For 'Buffy,' it's Fandom of the Opera
Television's cult teen heroine continues to vamp on the big-screen in a karaoke singalong that's touring the US.
Seattle
In the world of "Buffy the Vampire Slayer," death is rarely permanent.
The critically acclaimed cult television show about Buffy Summers – the one girl in all of the world mystically chosen to save us from demons, vampires, and other forces of darkness – aired its last new episode in 2003. But the twice-resurrected heroine continues to entertain.
Last weekend, several hundred fans crowded into Seattle's Egyptian Theater for a chance to sing, dance, and shout down Buffy's blabbermouth little sister, Dawn, while the show's Emmy-nominated musical episode, "Once More With Feeling," unfolded on the big screen.
Clinton McClung, the organizer and host of the Buffy Musical Big Screen Extravaganza, now touring nationally, calls the interactive midnight lovefest "Buffy-oke."
"You can't have an experience like this in front of your DVD player at home," says Mr. McClung. "I'm totally pumped after each show."
Buffy fans seem to agree.
Seattleite Mickey Sacks and her friends arrived 90 minutes early to snag spots at the front of a line that eventually snaked halfway around the block. Enthusiasts since shortly after the series launched in 1997, they say singing along at home and on road trips is great, but it isn't as much fun as being part of a full-on production.
"Plus I'm also theater geek," says Ms. Sacks, who sported a pair of pink rabbit ears ("the easiest costume in the closet").

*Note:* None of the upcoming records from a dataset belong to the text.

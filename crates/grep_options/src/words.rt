//! The arguments in a form that `clap` reads as grep would: the pattern that is attached to `-e` is an argument of its
//! own, and `-2` is `-C 2`.
use std::alloc::{AllocError, Global};

/// The long options with a value.
const VALUED: &[&str] = &[
    "--regexp",
    "--file",
    "--max-count",
    "--after-context",
    "--before-context",
    "--context",
    "--include",
    "--exclude",
    "--exclude-dir",
    "--label",
    "--group-separator",
    "--binary-files",
    "--directories",
    "--devices",
];

/// What the next argument may be.
#[derive(Clone, Copy)]
enum Next {
    /// Options, a pattern or a file.
    Any,
    /// The value of the option before it, or the name of the program.
    Value,
    /// A pattern or a file, and so are all others.
    Word,
}

/// Splits the arguments, so that a pattern that is attached to `-e` is an argument of its own: `-ne=x` becomes `-n`,
/// `-e` and `=x`, of which `clap` would drop the `=`. `-2` becomes `-C` and `2`. Values of other options stay as they
/// are.
pub fn split<'w>(alloc: Global, words: &[&'w str]) -> Result<Vec<&'w str>, AllocError> {
    let mut split = Vec::new(alloc);
    let mut next = Next::Value;
    for word in words {
        next = push_word(next, word, &mut split)?;
    }
    Ok(split)
}

/// Appends the argument, split if it has an attached pattern, and returns what the next one may be.
fn push_word<'w>(next: Next, word: &'w str, split: &mut Vec<&'w str>) -> Result<Next, AllocError> {
    if matches!(next, Next::Any) && word.starts_with('-') && !word.starts_with("--") {
        return push_letters(word, split);
    }
    split.push(word)?;
    Ok(after_word(next, word))
}

/// Returns what the next argument may be after one that is appended whole.
fn after_word(next: Next, word: &str) -> Next {
    match next {
        Next::Any => after_whole(word),
        Next::Value => Next::Any,
        Next::Word => Next::Word,
    }
}

/// Returns what the next argument may be after one that is not letters after one hyphen.
fn after_whole(word: &str) -> Next {
    match word {
        "--" => Next::Word,
        // It begins `--binary-files`, and is an option.
        "--binary" => Next::Any,
        _ if begins_valued(word) => Next::Value,
        _ => Next::Any,
    }
}

/// Returns whether the argument is one of the long options with a value, or the beginning of one.
fn begins_valued(word: &str) -> bool {
    word.starts_with("--") && begins_one(word, VALUED)
}

/// Returns whether the word is one of these names, or the beginning of one.
fn begins_one(word: &str, names: &[&str]) -> bool {
    for name in names {
        if name.starts_with(word) {
            return true;
        }
    }
    false
}

/// Appends letters after one hyphen. The pattern, if one is attached there, is an argument of its own.
fn push_letters<'w>(word: &'w str, split: &mut Vec<&'w str>) -> Result<Next, AllocError> {
    if let Some(number) = number_in(word) {
        split.extend_from_slice(&["-C", number])?;
        return Ok(Next::Any);
    }
    match word.split_once('e') {
        // What comes after the letter of another option with a value is that value.
        Some((flags, value)) if !has_other(flags) => push_pattern(flags, value, split),
        _ => {
            split.push(word)?;
            Ok(after_letters(word))
        }
    }
}

/// Appends a hyphen and the letters before that of `-e`, if there are some, then `-e`, and the pattern if one is there.
fn push_pattern<'w>(
    flags: &'w str,
    value: &'w str,
    split: &mut Vec<&'w str>,
) -> Result<Next, AllocError> {
    if flags != "-" {
        split.push(flags)?;
    }
    split.push("-e")?;
    if value.is_empty() {
        return Ok(Next::Value);
    }
    split.push(value)?;
    Ok(Next::Any)
}

/// Returns the number, if the argument is a hyphen and one.
fn number_in(word: &str) -> Option<&str> {
    let digits = word.strip_prefix('-')?;
    if digits.is_empty() || !digits.bytes().all(|byte| byte.is_ascii_digit()) {
        return None;
    }
    Some(digits)
}

/// Returns whether one of the letters is that of an option with a value, other than `-e`.
fn has_other(letters: &str) -> bool {
    letters.bytes().any(|letter| is_other(letter))
}

/// Returns whether an option with a value, other than `-e`, has this letter.
fn is_other(letter: u8) -> bool {
    matches!(letter, b'f' | b'm' | b'A' | b'B' | b'C' | b'd' | b'D')
}

/// Returns what the next argument may be after letters without a pattern: a value, if the last letter is the first one
/// of an option with a value.
fn after_letters(word: &str) -> Next {
    let letters = word.bytes().position(|letter| is_other(letter));
    if letters.is_some_and(|at| at + 1 == word.len()) {
        Next::Value
    } else {
        Next::Any
    }
}
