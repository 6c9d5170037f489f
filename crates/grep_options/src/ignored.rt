//! Which paths the rules of files such as `.gitignore` leave out.
ghost use Rattle.std.specs.Prelude.{◌≡◌, ◌==◌, IfOk, false, map, not, true};
ghost use Rattle.std.specs.List.{list_all, slice_split};
ghost use Rattle.std.specs.Str.{chars};
ghost use Rattle.grep_options.specs.Globs.{is_match, is_nil, is_short, means, some_rest, takes_first};
ghost use Rattle.grep_options.specs.Ignored.{fits, is_deep, is_ignored, is_slash, name_fits, path_fits, said};

use crate::glob::{Letter, chars_of, has_open_set, tokens_of};
use crate::ignoring::{IgnoreRule, is_slash};
use crate::matching::{Outcome, parts_match};
use std::alloc::{AllocError, Global};

/// Returns whether these rules leave the path out, which is that of a folder or not. The last rule that fits decides.
pub fn is_ignored(
    alloc: Global,
    rules: &[IgnoreRule],
    folder: bool,
    path: &str,
) -> Result<bool, AllocError>
    ensures { IfOk result (λ ignored. ignored ≡ is_ignored (map said rules.now) folder (chars path.now)) }
{
    let path = chars_of(alloc, path)?;
    let names = names_of(alloc, &path)?;
    let mut out = false;
    for rule in rules {
        if fits(alloc, folder, &names, rule)? {
            out = !rule.included;
        }
    }
    Ok(out)
}

/// Returns the names of a path.
fn names_of<'p>(alloc: Global, path: &'p [char]) -> Result<Vec<&'p [char]>, AllocError>
    ensures { IfOk result (λ names. map (λ name. name.now) names.items ≡ slice_split (λ c. c == 47) path.entry.now) }
{
    path.split(|value| *value == '/').collect(alloc)
}

/// Returns the parts of a glob, which match names.
fn parts_of<'g>(alloc: Global, glob: &'g [Letter]) -> Result<Vec<&'g [Letter]>, AllocError>
    ensures { IfOk result (λ parts. map (λ part. part.now) parts.items ≡ slice_split is_slash glob.entry.now) }
{
    glob.split(|letter| is_slash(*letter)).collect(alloc)
}

/// Returns whether the rule is one for the path of these names, which is that of a folder or not.
fn fits(
    alloc: Global,
    folder: bool,
    names: &[&[char]],
    rule: &IgnoreRule,
) -> Result<bool, AllocError>
    ensures { IfOk result (λ yes. yes ≡ fits folder (map (λ name. name.now) names.now) (said rule.now)) }
{
    if rule.folders && !folder {
        return Ok(false);
    }
    let parts = parts_of(alloc, &rule.glob)?;
    path_fits(alloc, &parts, &names[rule.depth.min(names.len())..])
}

/// Returns whether these parts of a glob match the path of these names, in time that grows with their number times
/// that of the names.
fn path_fits(alloc: Global, parts: &[&[Letter]], names: &[&[char]]) -> Result<bool, AllocError>
    ensures { IfOk result (λ yes. yes
        ≡ path_fits (map (λ part. part.now) parts.now) (map (λ name. name.now) names.now)) }
{
    match outcome_of_names(alloc, parts, names)? {
        Outcome::Match => Ok(true),
        Outcome::Other | Outcome::Short => Ok(false),
    }
}

/// Matches the parts with all names. As in `matching`, the parts after `**` are tried at one name after another, until
/// they match or there are too few names for them.
#[cycle(names)]
fn outcome_of_names(
    alloc: Global,
    parts: &[&[Letter]],
    names: &[&[char]],
) -> Result<Outcome, AllocError>
    ensures matched { IfOk result (λ outcome. is_match outcome
        ≡ path_fits (map (λ part. part.now) parts.now) (map (λ name. name.now) names.now)) }
    ensures short { IfOk result (λ outcome. is_short outcome ≡ true
        → some_rest (path_fits (map (λ part. part.now) parts.now)) (map (λ name. name.now) names.now) ≡ false) }
{
    match parts {
        [] => match names {
            [] => Ok(Outcome::Match),
            _ => Ok(Outcome::Other),
        },
        [first, others @ ..] => {
            if !is_deep(first) {
                return outcome_of_name(alloc, first, others, names);
            }
            if others.is_empty() {
                return Ok(outcome_of_any(names));
            }
            outcome_of_later_names(alloc, others, names)
        }
    }
}

/// Matches this part with the first name, and the other ones with the other names.
#[cycle(names)]
fn outcome_of_name(
    alloc: Global,
    first: &[Letter],
    others: &[&[Letter]],
    names: &[&[char]],
) -> Result<Outcome, AllocError>
    ensures matched { IfOk result (λ outcome. is_match outcome
        ≡ takes_first (name_fits first.now) (path_fits (map (λ part. part.now) others.now))
        (map (λ name. name.now) names.now)) }
    ensures short { IfOk result (λ outcome. is_short outcome ≡ true
        → some_rest (takes_first (name_fits first.now) (path_fits (map (λ part. part.now) others.now)))
        (map (λ name. name.now) names.now) ≡ false) }
{
    match names {
        [] => Ok(Outcome::Short),
        [name, rest @ ..] => {
            if name_fits(alloc, first, name)? {
                outcome_of_names(alloc, others, rest)
            } else {
                Ok(Outcome::Other)
            }
        }
    }
}

/// Returns whether there are names, which `**` as the last part of a glob matches.
fn outcome_of_any(names: &[&[char]]) -> Outcome
    ensures matched { is_match result ≡ not (is_nil names.now) }
    ensures short { is_short result ≡ is_nil names.now }
{
    if names.is_empty() {
        Outcome::Short
    } else {
        Outcome::Match
    }
}

/// Matches the parts with the names, or with the other ones after some of them.
#[cycle(names)]
fn outcome_of_later_names(
    alloc: Global,
    parts: &[&[Letter]],
    names: &[&[char]],
) -> Result<Outcome, AllocError>
    ensures { IfOk result (λ outcome. is_match outcome
        ≡ some_rest (path_fits (map (λ part. part.now) parts.now)) (map (λ name. name.now) names.now)) }
{
    match outcome_of_names(alloc, parts, names)? {
        Outcome::Match => Ok(Outcome::Match),
        Outcome::Short => Ok(Outcome::Short),
        Outcome::Other => match names {
            [] => Ok(Outcome::Short),
            [_, rest @ ..] => outcome_of_later_names(alloc, parts, rest),
        },
    }
}

/// Returns whether the part is any number of folders.
fn is_deep(part: &[Letter]) -> bool
    ensures { result ≡ is_deep part.now }
{
    part.len() >= 2 && has_only_stars(part)
}

/// Returns whether each character is a star.
fn has_only_stars(part: &[Letter]) -> bool
    ensures { result ≡ list_all (λ l. means l 42) part.now }
{
    part.iter().all(|letter| letter.means('*'))
}

/// Returns whether the part matches the name.
fn name_fits(alloc: Global, part: &[Letter], name: &[char]) -> Result<bool, AllocError>
    ensures { IfOk result (λ yes. yes ≡ name_fits part.now name.now) }
{
    if has_open_set(0, part) {
        return Ok(false);
    }
    let tokens = tokens_of(alloc, part)?;
    Ok(parts_match(&tokens, name))
}
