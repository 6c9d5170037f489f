//! The options that the command line has, as `clap` reads them: what an option of a table is (`entry`), and the tables
//! (`selecting`, `printing`).
mod entry;
mod printing;
mod selecting;

use crate::flags::entry::{Entry, with_each};
use crate::flags::printing::{COLOURS, LINES, NAMES, REPORTS};
use crate::flags::selecting::{FILES, KINDS, LIMITS, PATTERNS};
use clap::{Arg, ArgAction, Command};
use std::alloc::{AllocError, Global};

/// How many tables there are.
const TABLES: usize = 8;

/// Adds all options.
pub fn with_flags<'w>(alloc: Global, mut command: Command<'w>) -> Result<Command<'w>, AllocError> {
    for number in 0..TABLES {
        command = with_each(alloc, command, table(number))?;
    }
    Ok(command)
}

/// Returns the table of this number, in the order of the help.
fn table(number: usize) -> &'static [Entry] {
    match number {
        0 => PATTERNS,
        1 => REPORTS,
        2 => LIMITS,
        3 => LINES,
        4 => NAMES,
        5 => FILES,
        6 => KINDS,
        _ => COLOURS,
    }
}

/// Returns the arguments that belong to no option. Without `-e` and `-f` there has to be one.
pub fn words_argument<'w>(alloc: Global) -> Result<Arg<'w>, AllocError> {
    let options = ["regexp", "file"];
    optional_words(alloc).required_unless_present_any(&options)
}

/// Returns the arguments that belong to no option: the pattern if there is no `-e` and no `-f`, and the files.
fn optional_words<'w>(alloc: Global) -> Arg<'w> {
    Arg::new(alloc, "words")
        .help("The pattern, unless -e or -f is given, and the files")
        .action(ArgAction::Append)
        .value_name("PATTERN|FILE")
        .num_args(0..)
}
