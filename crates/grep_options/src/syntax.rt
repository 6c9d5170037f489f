//! Patterns that are given as grep's basic or Perl's ones, and mean something else there.
use crate::error::OptionsError;
use std::alloc::Global;

/// The syntax that the patterns are said to have.
#[derive(Clone, Copy, PartialEq, Eq)]
pub enum Syntax {
    /// That of the crate regex, or texts.
    Own,
    /// That of grep without `-E`.
    Basic,
    /// That of Perl.
    Perl,
}

/// What means something else in Perl.
const OTHER_IN_PERL: &[&str] = &["++", "*+", "?+", "}+", "\\v", "(?R"];

/// What means something else in Perl if it is between brackets.
const OTHER_IN_SETS: &[&str] = &["&&", "--", "~~"];

/// Fails if one of these patterns may mean something else in this syntax.
pub fn need_same(alloc: Global, syntax: Syntax, patterns: &[&str]) -> Result<(), OptionsError> {
    for pattern in patterns {
        if !is_same(syntax, pattern) {
            let pattern = String::from_str(alloc, pattern)?;
            return Err(match syntax {
                Syntax::Basic => OptionsError::Basic(pattern),
                _ => OptionsError::Perl(pattern),
            });
        }
    }
    Ok(())
}

/// Returns whether the pattern means the same in this syntax.
fn is_same(syntax: Syntax, pattern: &str) -> bool {
    match syntax {
        Syntax::Own => true,
        Syntax::Basic => is_same_in_basic(pattern),
        Syntax::Perl => {
            !has_one(pattern, OTHER_IN_PERL)
                && !(pattern.contains('[') && has_one(pattern, OTHER_IN_SETS))
        }
    }
}

/// Returns whether one of these texts is in the pattern.
fn has_one(pattern: &str, texts: &[&str]) -> bool {
    texts.iter().any(|text| pattern.contains(*text))
}

/// What the next character of a basic pattern may be.
#[derive(Clone, Copy, PartialEq, Eq)]
enum Place {
    /// The first one of the pattern, or one after `^` there: a star would be itself.
    Start,
    /// Any other one.
    Middle,
    /// One after a backslash.
    Escape,
    /// One after a dollar, of which there is none: it would be itself.
    End,
    /// The first one of a set.
    SetFirst,
    /// Any other one of a set.
    Set,
    /// One of a set after a hyphen: two of them have a meaning of their own.
    SetHyphen,
}

/// Returns whether the pattern has only what means the same in grep's basic syntax: characters, `.`, sets of
/// characters, a star after one of these, `^` first, `$` last, and a backslash before a character that has a meaning
/// in both.
fn is_same_in_basic(pattern: &str) -> bool {
    let mut place = Place::Start;
    for byte in pattern.bytes() {
        let Some(next) = after_byte(place, byte) else {
            return false;
        };
        place = next;
    }
    matches!(place, Place::Start | Place::Middle | Place::End)
}

/// Returns what the next character may be after this one. There is none if this one may mean something else.
fn after_byte(place: Place, byte: u8) -> Option<Place> {
    match place {
        Place::Start if byte == b'*' => None,
        Place::Start if byte == b'^' => Some(Place::Start),
        Place::Start | Place::Middle => after_plain(byte),
        Place::Escape => match byte {
            b'.' | b'*' | b'^' | b'$' | b'[' | b']' | b'\\' => Some(Place::Middle),
            b'w' | b'W' | b's' | b'S' | b'b' | b'B' => Some(Place::Middle),
            _ => None,
        },
        Place::End => None,
        Place::SetFirst | Place::Set | Place::SetHyphen => after_in_set(place, byte),
    }
}

/// Returns what the next character may be after this one, which is outside of sets and not the first one.
fn after_plain(byte: u8) -> Option<Place> {
    match byte {
        b'+' | b'?' | b'{' | b'}' | b'|' | b'(' | b')' | b']' | b'^' => None,
        b'$' => Some(Place::End),
        b'\\' => Some(Place::Escape),
        b'[' => Some(Place::SetFirst),
        _ => Some(Place::Middle),
    }
}

/// Returns what the next character may be after this one of a set.
fn after_in_set(place: Place, byte: u8) -> Option<Place> {
    match byte {
        b'[' | b'\\' | b'&' | b'~' => None,
        b']' if place == Place::SetFirst => None,
        b']' => Some(Place::Middle),
        b'^' if place == Place::SetFirst => Some(Place::SetFirst),
        b'-' if place == Place::SetHyphen => None,
        b'-' => Some(Place::SetHyphen),
        _ => Some(Place::Set),
    }
}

Streaming into the theater, participants receive goodie bags of finger puppets, confetti poppers, kazoos, and plastic vampire teeth. The audience is the show, McClung says. The preshow warm-up includes fan-made videos, Buffy trivia, and audience members acting out scenes from other episodes.
For the uninitiated, "Once More With Feeling" features a tap-loving demon (played by Broadway star Hinton Battle), whose spell forces the residents of Sunnydale to sing and dance out their deepest secrets in songs ranging from rock opera to showstopper.
And, yes, one of the songs is about evil bunnies.
McClung, a former film studies major, mounted his first Buffy singalong in 2004 while working as a programmer at The Coolidge Corner Theater in Boston. To his surprise, 600 people turned out.
After regular screenings in New York and in Austin, Texas, the Buffy Musical Big Screen Extravaganza launched its first national tour this summer, repeatedly selling out shows.
"I think it's the writing," says McClung. "It's so well written you feel like every character is a little part of you. After all, everyone relates to what it is to be growing up."
Philip Rodrigues, a fan from Seattle, concurs. "The writing is so precise," he says. "Things in the first season, they'll mention again three seasons later."
While Buffy's saga of battling things that go bump in the night may resemble "The Rocky Horror Picture Show," McClung drew his inspiration from the Coolidge's sing-along to "The Sound of Music."
Cult shows such as "Buffy" have a long shelf life in this new networked culture, says Henry Jenkins, codirector of the Comparative Media Studies Program at the Massachusetts Institute of Technology in Cambridge, Mass. People record them while they are airing, discover them in reruns, or buy the DVDs and watch them over and over. Online fan communities in turn generate new rituals that bring aficionados together.
"Music was a special part of 'Buffy' from the very beginning – hence the production of a musical episode in the first place – and so the musical has become a centerpiece for one of the community's shared rituals," Mr. Jenkins says.
Joss Whedon, the series creator and a musical-theater buff, recently startled McClung by slipping into the back row of a Los Angeles screening. "I was totally bowled over. I had no idea he was there," McClung says.
For McClung, it's a joy to watch those who have never seen the television series join in the fun. Getting the viewers out of their seats for the dance sequence can be tough, he says, but you couldn't tell that in Seattle. By the end of Xander and Anya's romantic duet, audiences were up and dancing.
No wonder McClung is convinced that when it comes to "Buffy," the adage should be "once bitten, not shy."